Duration means nothing if the patient doesn't survive.
Results trump effort. Every single time.
And the pattern is the same across every domain.
High-performance environments don't maximise effort. They optimise recovery.
Think about it:
Elite athletes train 5-6 hours per day, not 12.
Top surgeons operate in focused blocks, not marathons.
Fighter pilots fly in short, intense missions, not endless patrols.
But somehow, we've convinced ourselves that knowledge work is different.
That brains don't need the same care as bodies.
We're wrong.
Recent neuroscience research reveals that peak cognitive performance follows ultradian rhythms.
In simple words, 90-minute cycles of intense focus followed by 20-minute recovery periods.
Your brain literally can't sustain deep thinking for more than 90 minutes without degrading.
Yet we schedule 8-hour "deep work" days and wonder why nothing gets done.
This isn't just a startup problem. It's destroying India's economic potential.

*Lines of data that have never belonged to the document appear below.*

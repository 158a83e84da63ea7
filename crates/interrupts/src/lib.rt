// Document 01's interrupts: status, the line, and what a write to interrupt status and mask does.
#![tactic(auto)]

mod interrupts; // interrupts.rt: interrupt status, acknowledge, the line
mod link; // link.rt: was a change of the link seen
mod words; // words.rt: what a write leaves of a word

pub use interrupts::{interrupt, line_up, write_interrupt};
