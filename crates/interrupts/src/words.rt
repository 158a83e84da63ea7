// What a write leaves of a word.
ghost use Rattle.std.specs.Prelude.{◌≡◌, ◌*◌, ◌/◌};
ghost use Rattle.state.specs.View.{Latches};
ghost use Rattle.interrupts.specs.Promises.{Acknowledged};

// A word without its low byte.
pub fn high_only(x: u16) -> u16
    ensures { result ≡ x / 256 * 256 }
{
    x / 256 * 256
}

// The latches after an acknowledge by the low byte of v.
pub fn latches_after(latches: u16, v: u16) -> u16
    requires { Latches latches }
    ensures { Acknowledged v latches result }
{
    latches & (0xffff - v)
}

MIT research shows that if the US had maintained its 1995-2004 productivity growth rate, GDP would be $4.2 trillion higher today.

Last week, I got a call. "Ritesh, we need help. Our numbers are dropping."

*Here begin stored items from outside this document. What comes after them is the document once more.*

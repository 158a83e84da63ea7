// Interrupt status, EPH, acknowledge, and the line.
ghost use Rattle.std.specs.Prelude.{◌≡◌, ◌&&◌, ◌||◌, List, ℕ, ◌+◌, ◌*◌, ◌<◌, length};
ghost use Rattle.rules.specs.Bits.{bit, flag, word_of};
ghost use Rattle.rules.specs.Chip.{Layout};
ghost use Rattle.rules.specs.Interrupts as rules;
ghost use Rattle.rules.specs.Registers as registers;
ghost use Rattle.rules.specs.Registers.{lanes_at, write_register};
ghost use Rattle.state.specs.Meaning.{width_of, Placed};
ghost use Rattle.state.specs.View.{registers_in, figures, view_of, Kept};
ghost use Rattle.state.specs.Promise.{QueuesIn, PagesIn, MakesOf};
ghost use Rattle.interrupts.specs.Promises.{Acknowledges};

use crate::link::has_changed;
use crate::words::{high_only, latches_after};
use pool::Completion;
use state::{
    Answer, COMPLETION_COUNT, CONTROL, EPHSR, INTERRUPT, LATCHES, LINK, PACKET, RX_COUNT, Width,
    flags,
};

// Has a send failed, by EPHSR?
fn failed(ephsr: u16) -> bool
    ensures { result ≡ rules.failed ephsr }
{
    let a = bits::either(
        bits::is_set(ephsr, flags::TXUNRN),
        bits::is_set(ephsr, flags::LOST_CARR),
    );
    let b = bits::either(a, bits::is_set(ephsr, flags::LATCOL));
    let c = bits::either(b, bits::is_set(ephsr, flags::SQET));
    let d = bits::either(c, bits::is_set(ephsr, flags::COL16));
    bits::both(d, !bits::is_set(ephsr, flags::TX_SUC))
}

// EPH: a counter is full, a send has failed, or a change of the link was seen.
fn eph(ephsr: u16, control: u16, link: u16) -> bool
    requires { link < 4 }
    ensures { result ≡ (bit 12 ephsr && bit 6 control) || (rules.failed ephsr && bit 5 control) || (bit 1 link && bit 7 control) }
{
    let full = bits::both(
        bits::is_set(ephsr, flags::CTR_ROL),
        bits::is_set(control, flags::CR_ENABLE),
    );
    let fail = bits::both(failed(ephsr), bits::is_set(control, flags::TE_ENABLE));
    let change = bits::both(has_changed(link), bits::is_set(control, flags::LE_ENABLE));
    bits::either(bits::either(full, fail), change)
}

// The bits of interrupt status; the latches stand at theirs.
fn gathered(rx: bool, completion: bool, latches: u16, granted: bool, eph: bool) -> u16
    requires { latches < 21 }
    ensures sum { result ≡ flag rx + 2 * flag completion + latches + 8 * flag granted + 32 * flag eph }
    ensures small { result < 64 }
{
    let low = (1 << flags::RCV_INT) * bits::flag_of(rx)
        + (1 << flags::TX_INT) * bits::flag_of(completion);
    low + latches
        + (1 << flags::ALLOC_INT) * bits::flag_of(granted)
        + (1 << flags::EPH_INT) * bits::flag_of(eph)
}

// Interrupt status. It and the line are those of the queues that the counts are right for, which are not looked at.
pub fn status(words: &[u16]) -> u16
    requires { Kept words.now }
    ensures shown { (l : Layout) (s q mem : List ℕ) → QueuesIn (figures words.now) q → result ≡ rules.status (view_of l words.now s q mem) }
    ensures small { result < 64 }
{
    let granted = !bits::is_set(words[PACKET], flags::ALLOCATION_FAILED);
    let eph = eph(words[EPHSR], words[CONTROL], words[LINK]);
    gathered(
        words[RX_COUNT] != 0,
        words[COMPLETION_COUNT] != 0,
        words[LATCHES],
        granted,
        eph,
    )
}

// Is the interrupt line up?
pub fn line_up(words: &[u16]) -> bool
    requires { Kept words.now × ((q : List ℕ) × QueuesIn (figures words.now) q) }
    ensures { (l : Layout) (s q mem : List ℕ) → QueuesIn (figures words.now) q → result ≡ rules.line_up (view_of l words.now s q mem) }
{
    status(words) & (words[INTERRUPT] / 256) != 0
}

// Interrupt status, and the mask above it.
pub fn interrupt(words: &[u16]) -> u16
    requires { Kept words.now × ((q : List ℕ) × QueuesIn (figures words.now) q) }
    ensures { (l : Layout) (s q mem : List ℕ) → QueuesIn (figures words.now) q → result ≡ word_of (rules.status (view_of l words.now s q mem)) (registers_in words.now).mask }
{
    status(words) + words[INTERRUPT]
}

// A write of the low byte of v to interrupt status: bit 1 removes the head of completion, 2 and 4 clear their latch.
fn acknowledge(words: &mut [u16], queues: &mut [u8], v: u16)
    requires { Kept words.old × QueuesIn (figures words.old) queues.old }
    ensures { Acknowledges v words.old queues.old words.new queues.new }
{
    words[LATCHES] = latches_after(words[LATCHES], v);
    if !bits::is_set(v, flags::TX_INT) {
        return;
    }
    if words[COMPLETION_COUNT] == 0 {
        return;
    }
    pool::leave::<Completion>(words, queues);
}

// Interrupt status is acknowledged, the mask stored.
pub fn write_interrupt(
    words: &mut [u16],
    queues: &mut [u8],
    width: Width,
    offset: u8,
    value: u16,
) -> Answer
    requires { Kept words.old × QueuesIn (figures words.old) queues.old × Placed width offset × ((l : Layout) × (s : List ℕ) × PagesIn l (figures words.old) s) }
    ensures done { (l : Layout) (s mem : List ℕ) → PagesIn l (figures words.old) s → MakesOf l (write_register registers.INTERRUPT (lanes_at (width_of width) offset) value (view_of l words.old s queues.old mem)) result words.new s queues.new mem }
    ensures long { (length words.new ≡ 32) × (length queues.new ≡ 72) }
{
    words[INTERRUPT] = high_only(state::merged(width, offset, value, words[INTERRUPT]));
    if state::is_high(width, offset) {
        return Ok(0);
    }
    acknowledge(words, queues, value);
    Ok(0)
}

Arjun (name changed for privacy) runs a 200-person startup.
Every time I visited his office, he was there. 7 AM to 11 PM.

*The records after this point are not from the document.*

// The link, of which EPH has the change.
ghost use Rattle.std.specs.Prelude.{◌≡◌, ◌<◌};
ghost use Rattle.rules.specs.Bits.{bit};

// Was a change of it seen, by its word?
pub fn has_changed(link: u16) -> bool
    requires { link < 4 }
    ensures { result ≡ bit 1 link }
{
    1 < link
}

Weekends included. His team called him "The Machine."
But his company was stagnating.
I asked him: "Show me what you personally delivered this month."
He pulled out his packed calendar. "I was in back-to-back meetings, reviewing everything, staying on top of all decisions..."
"That's not what I asked. What did YOU deliver?"
Uncomfortable silence.
That's when it hit both of us. He was the busiest person in the company producing the least value.
This is India's silent epidemic: The Productivity Paradox.
We mistake being busy for being productive.
Activity for achievement. Hours for impact.
"Fire your productivity habits. All of them", I said.
Instead, I gave him three prescriptions:
Prescription 1: The 90-Minute Protocol
Professionals working in 90-minute blocks report 40% higher productivity and 50% less mental fatigue.
New rule: Maximum 4 deep work blocks per day. 90 minutes each. 20-minute breaks between.
No meetings during deep work blocks. No Slack. No emails. No exceptions.
Prescription 2: Single-Task Surgery
Task-switching costs up to 40% of productive time.
New rule: One task, one block, one outcome.
Before starting any work: "What specific deliverable will I complete in the next 90 minutes?"
If you can't answer, don't start. Rethink!
Prescription 3: The Output Audit
Most productivity metrics measure inputs (hours worked, meetings attended, emails sent).
New rule: Only measure outputs (features shipped, revenue generated, problems solved).
Daily question: "What did I complete today that moves our mission forward?"
Weekly question: "What would happen if I hadn't worked this week?"

India's productivity crisis isn't about work ethic. It's about work intelligence.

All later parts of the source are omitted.